2D wave front set: simple planar shapes (in progress)

Let \(h>0\) be the semiclassical parameter.
The FBI (Fourier-Bros-Iagolnitzer) transform of an \(n\)-dimensional tempered distribution \(u \in \mathscr{S}^\prime(\mathbb{R}^n)\) is defined by
\[
T_hu(x;\xi)
:=
2^{-n/2}
(\pi h)^{-3n/4}
\int_{\mathbb{R}^n}
e^{-i(x-y)\cdot\xi/h-\lvert{x-y}\rvert^2/2h}
u(y)
dy,
\]
where \((x,\xi) \in T^\ast\mathbb{R}^n\simeq\mathbb{R}^n\times\mathbb{R}^n\).
It is well-known that if \(u\) is independent of \(h>0\),
then the wave front set of \(u\) is characterized by its FBI transform.
In fact it follows that \((x_0,\xi_0) \in T^\ast\mathbb{R}^n\setminus0\)

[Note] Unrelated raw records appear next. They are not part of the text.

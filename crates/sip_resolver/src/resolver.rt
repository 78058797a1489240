//! The machine: what comes in, and what it leads to.
ghost use Rattle.std.specs.Prelude.{◌≡◌, ◌↔◌, ◌+◌, ◌<◌, ℕ, ◌≤◌, ◌⊎◌, [], IfErr, IfNone, IfOk, IfSome, IsTrue, MatchOption, OnErr, OnOk};
ghost use Rattle.std.specs.Bool.{OnFalse};
ghost use Rattle.std.specs.List.{All, Contains, sum_by};
ghost use Rattle.answer_cache.specs.Seats.{GoesOn, SeatView, StoresNothing};
ghost use Rattle.dns_answers.specs.Records.{kind_of};
ghost use Rattle.dns_answers.specs.declared.refusal.ReplyRefusal.TheVariants as refusals;
ghost use Rattle.dns_queries.specs.Events.{MayWant};
ghost use Rattle.dns_queries.specs.Tickets.{usual};
ghost use Rattle.dns_queries.specs.declared.incoming.Ending.TheVariants as endings;
ghost use Rattle.sip_locator.specs.Replies.{Answers};
ghost use Rattle.srv_choice.specs.Draws.{words_of};
ghost use Rattle.sip_resolver.specs.Cancels.{questions_left, requests_with, requests_without};
ghost use Rattle.sip_resolver.specs.Ends.{EndsMore, IsByChoice, IsByReply, IsMemory};
ghost use Rattle.sip_resolver.specs.Expiries.{timeouts_of};
ghost use Rattle.sip_resolver.specs.Idle.{AreAwaited, CannotAsk, IsIdle, IsOut, IsTurn};
ghost use Rattle.sip_resolver.specs.Outcomes.{IsOutcome, Sought};
ghost use Rattle.sip_resolver.specs.Questions.{IsLeast, asking_over, count_out, schedule_of};
ghost use Rattle.sip_resolver.specs.Requests.{AreSame, IsAwaitedBy, IsBack, Stand, count_of, numbers_of, weight};
ghost use Rattle.sip_resolver.specs.Restarts.{restarted};
ghost use Rattle.sip_resolver.specs.Resolvers.{Closes, Expires, GivesUpOn, HandsIn, HasRoomFor, Hears, IsCut, IsEnded, IsTaken, LeavesSeat, Polls, RefusesSubmit, begun_of, with_request};
ghost use Rattle.sip_resolver.specs.Sends.{GivesUpBoth, IsInTime, SendsAfter, SendsFirst, tickets_of};
ghost use Rattle.sip_resolver.specs.Settles.{GetsAnswer, GoesByReply, SettlesAll};
ghost use Rattle.sip_resolver.specs.Tasks.{IsCounted, sought_of};
ghost use Rattle.sip_resolver.specs.Works.{HandsBy, IsAtMostOne, MayHand, Works};

use crate::asks::wait_for_answer;
use crate::cancels::{remove_not_waiting, remove_waiting};
use crate::expiries::{expire_held, expire_ready, expire_waiting};
use crate::facts::Facts;
use crate::ids::Ids;
use crate::outcome::Resolved;
use crate::questions::Questions;
use crate::queue::least_of;
use crate::ready::{Lead, Ready};
use crate::refusal::SubmitRefusal;
use crate::requests::Requests;
use crate::restarts::restart_all;
use crate::transmit::{DnsTransport, Transmit};
use crate::waits::{WaitEnd, settle_all};
use answer_cache::{AnswerBook, Stores};
use dns_answers::{Answer, Moment, ReplyRefusal, law_answers_are_bounded};
use dns_message::Question;
use dns_queries::{Ending, Incoming, Schedule, Why};
use sip_selection::{Caps, Request};
use srv_choice::RandomWords;
use std::alloc::{AllocError, Global};
use std::marker::{Model, PhantomData};
use std::snapshot::Snapshot;
use std::sync::Arc;
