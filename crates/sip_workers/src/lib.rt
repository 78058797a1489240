//! Many workers at once: each resolves requests over a wire of its own (RFC 3263 4 and 5), in a
//! thread of its own, and all share one cache.
//!
//! `run_workers` runs a `Worker` (`sip_worker`) for each seat, and gives what became of each job,
//! in order. The batches go through a bounded channel under a rule, from which a worker that is
//! free takes the next one. `gather` puts results in the order of their jobs. The names of
//! `sip_worker` are here too.
//!
//! Read `specs/Runs.antt` first: what a run of many workers gives, then `specs/Rules.antt`: the
//! rule of the channel, and `specs/Gathers.antt`: when results are those of some jobs.
#![tactic(auto)]

mod batch;
mod gather_refusal;
mod gathering;
mod history;
mod part;
mod putting;
mod queue;
mod refusal;
mod report;
mod run;
mod threads;

pub use gather_refusal::GatherRefusal;
pub use gathering::gather;
pub use refusal::RunRefusal;
pub use run::run_workers;
pub use sip_worker::{Gate, Job, JobResult, OpenGate, Outcome, TargetList, Worker};
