//! The channel, and its rule: what was taken, followed by what is in the channel, is a prefix of
//! the batches in order, each once, and then end pairs alone.
ghost use Rattle.std.specs.Prelude.{◌≡◌, ◌+◌, ◌-◌, ◌<◌, true, false, List, [], ◌∷◌, ◌++◌, IfOk, MatchBool, MatchOption};
ghost use Rattle.crossbeam_channel.specs.Claims.{IsSeatAt, view};
ghost use Rattle.crossbeam_channel.specs.Ends.{receives_on, sends_on};
ghost use Rattle.sip_workers.specs.Rules.{IsPut, IsWhole, Stands, all_parts, pass_view};
ghost use Rattle.sip_workers.specs.declared.batch.Batch.{Batch as batch};

use crate::batch::Batch;
use crossbeam_channel::protocol::{Join, Lesson, Outcome, Protocol, Split};
use crossbeam_channel::{Pass, RuledReceiver, RuledSender, bounded_with};
use std::alloc::{AllocError, Global};
use std::collections::LinkedList;
use std::marker::{Brand, PhantomData};
use std::sync::Wait;

/// Names the batches of one run.
pub(crate) trait Dealt {
    ghost use Rattle.std.specs.Prelude.{List};
    ghost use Rattle.sip_workers.specs.declared.batch.Batch.{Batch as batch};

    ghost batches: { List batch };
}

impl Dealt for Brand {
    ghost use Rattle.std.specs.Prelude.{[]};

    ghost batches = { [] };
}

/// What a pass knows: whether it deals, its parts of the right to know the whole, what it put and
/// what it took. No value of it is made.
pub(crate) struct PassView {
    pub(crate) deals: bool,
    pub(crate) parts: u64,
    pub(crate) put: LinkedList<Batch>,
    pub(crate) taken: LinkedList<Batch>,
}

/// The rule.
pub(crate) struct InOrder<J> {
    of: PhantomData<J>,
}

impl<J: Dealt> Protocol<Batch, PassView> for InOrder<J> {
    ghost use Rattle.std.specs.Prelude.{true, []};
    ghost use Rattle.sip_workers.specs.Rules.{IsDealt, all_parts, pass_view};

    ghost holds = { λ items views. IsDealt J.batches items views };

    ghost first = { pass_view true all_parts [] [] };
}

/// A worker's pass is cut off.
struct Cut;

impl Split<PassView> for Cut {
    ghost use Rattle.std.specs.Prelude.{◌-◌, false, []};
    ghost use Rattle.sip_workers.specs.Rules.{pass_view};

    ghost left = { λ v. pass_view v.deals (v.parts - 1) v.put v.taken };

    ghost right = { λ v. pass_view false 1 [] [] };
}

impl Join<PassView> for Cut {
    ghost use Rattle.std.specs.Prelude.{◌+◌, ◌++◌, false, []};
    ghost use Rattle.sip_workers.specs.Rules.{pass_view};

    ghost both = { λ v w. pass_view v.deals (v.parts + w.parts) v.put (v.taken ++ w.taken) };

    ghost spent = { pass_view false 0 [] [] };
}

struct Puts;

impl Outcome<Batch, PassView> for Puts {
    ghost use Rattle.std.specs.Prelude.{◌≡◌, ◌++◌, ◌∷◌, []};
    ghost use Rattle.sip_workers.specs.Rules.{pass_view};

    ghost then = { λ v x w. w ≡ pass_view v.deals v.parts (v.put ++ x ∷ []) v.taken };
}

impl Lesson<Batch, PassView> for Puts {
    ghost use Rattle.std.specs.Prelude.{⊤};

    ghost fact = { λ v items. ⊤ };
}

struct Takes<J> {
    of: PhantomData<J>,
}

impl<J: Dealt> Outcome<Batch, PassView> for Takes<J> {
    ghost use Rattle.std.specs.Prelude.{◌≡◌, ◌++◌, ◌∷◌, []};
    ghost use Rattle.sip_workers.specs.Rules.{Stands, pass_view};

    ghost then = { λ v x w.
        (w ≡ pass_view v.deals v.parts v.put (v.taken ++ x ∷ [])) × Stands J.batches x };
}

impl<J> Lesson<Batch, PassView> for Takes<J> {
    ghost use Rattle.std.specs.Prelude.{⊤};

    ghost fact = { λ v items. ⊤ };
}

/// What who has every part learns.
struct Whole;

impl Lesson<Batch, PassView> for Whole {
    ghost use Rattle.sip_workers.specs.Rules.{IsWhole};

    ghost fact = { λ v items. IsWhole v.put v.taken items };
}

/// Both ends of the channel of one run.
#[derive(Drop)]
pub(crate) struct Queue<J: Dealt> {
    pub(crate) sender: RuledSender<Batch, PassView, InOrder<J>>,
    receiver: RuledReceiver<Batch, PassView, InOrder<J>>,
    ghost one: { receives_on receiver ≡ sends_on sender },
}

/// A right to use the queue, and what its holder knows.
pub(crate) type Right = Pass<Batch, PassView>;

impl<J: Dealt> Queue<J> {
    /// A queue with room for so many, and the dealer's right.
    pub(crate) fn new(alloc: Global, room: usize) -> Result<(Queue<J>, Right), AllocError>
        requires { 0 < room }
        ensures { IfOk result (λ it. IsSeatAt (sends_on it.0.sender) it.1
            × (view it.1 ≡ pass_view true all_parts [] [])) }
    {
        let (sender, receiver, pass) = bounded_with(alloc, room)?;
        Ok((Queue { sender, receiver }, pass))
    }

    /// Puts a batch, unless the other ends are gone.
    pub(crate) fn put<R: Wait>(&self, rt: &R, right: &mut Right, batch: Batch) -> bool
        requires queue { IsSeatAt (sends_on self.now.sender) right.old }
        requires deals { (view right.old).deals ≡ true }
        requires next { IsPut J.batches ((view right.old).put ++ batch ∷ []) }
        ensures queue { IsSeatAt (sends_on self.now.sender) right.new }
        ensures put { MatchBool result
            (view right.new ≡ pass_view true (view right.old).parts
            ((view right.old).put ++ batch ∷ []) (view right.old).taken)
            (view right.new ≡ view right.old) }
    {
        self.sender.send_as::<Puts, R>(rt, right, batch).is_ok()
    }

    /// Takes a batch, unless the other ends are gone.
    pub(crate) fn take<R: Wait>(&self, rt: &R, right: &mut Right) -> Option<Batch>
        requires queue { IsSeatAt (sends_on self.now.sender) right.old }
        requires worker { 0 < (view right.old).parts }
        ensures queue { IsSeatAt (sends_on self.now.sender) right.new }
        ensures taken { MatchOption result
            (view right.new ≡ view right.old)
            (λ batch. (view right.new ≡ pass_view (view right.old).deals (view right.old).parts
            (view right.old).put ((view right.old).taken ++ batch ∷ []))
            × Stands J.batches batch) }
    {
        self.receiver.recv_as::<Takes<J>, R>(rt, right).ok()
    }

    /// A worker's right, cut from the dealer's.
    pub(crate) fn cut(&self, right: &mut Right) -> Right
        requires queue { IsSeatAt (sends_on self.now.sender) right.old }
        requires parts { 1 < (view right.old).parts }
        ensures queue { IsSeatAt (sends_on self.now.sender) right.new
            × IsSeatAt (sends_on self.now.sender) result }
        ensures cut { (view right.new ≡ pass_view (view right.old).deals
            ((view right.old).parts - 1) (view right.old).put (view right.old).taken)
            × (view result ≡ pass_view false 1 [] []) }
    {
        self.sender.another::<Cut>(right)
    }

    /// Takes in a worker's right, and what it knows.
    pub(crate) fn take_in(&self, right: &mut Right, other: Right)
        requires queue { IsSeatAt (sends_on self.now.sender) right.old
            × IsSeatAt (sends_on self.now.sender) other }
        ensures queue { IsSeatAt (sends_on self.now.sender) right.new }
        ensures both { view right.new ≡ pass_view (view right.old).deals
            ((view right.old).parts + (view other).parts) (view right.old).put
            ((view right.old).taken ++ (view other).taken) }
    {
        self.sender.absorb::<Cut>(right, other);
    }

    /// What was put is what was taken and what is left.
    pub(crate) fn tell_whole(&self, right: &mut Right)
        requires queue { IsSeatAt (sends_on self.now.sender) right.old }
        requires whole { ((view right.old).deals ≡ true) × ((view right.old).parts ≡ all_parts) }
        ensures queue { IsSeatAt (sends_on self.now.sender) right.new
            × (view right.new ≡ view right.old) }
        ensures whole { (items : List batch)
            × IsWhole (view right.old).put (view right.old).taken items }
    {
        self.sender.learn_as::<Whole>(right);
    }
}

does not belong to \(\operatorname{WF}(u)\) if and only if
\[
T_hu(x;\xi)=\mathcal{O}(h^\infty)
\quad
(h \downarrow0)
\]
uniformly near \((x_0,\xi_0)\). Note that a wave front set is conic in \(\xi\) and independent of the size of \(\xi\). We are trying to detect the wave front sets of 2D distributions using MATLAB and the FBI transform. For \(u(x,y) \in \mathscr{S}^\prime(\mathbb{R}^2)\) we compute
\[
T_hu(x,y;\lambda\cos\theta,\lambda\sin\theta)
=
2^{-1}(\pi h)^{-3/2}
\iint_{\mathbb{R}^2}
e^{i\lambda(p\cos\theta+q\sin\theta)/h-(p^2+q^2)/2h}
u(x+p,y+q)
dpdq
\]
where \(\lambda\) is the size of the frequency.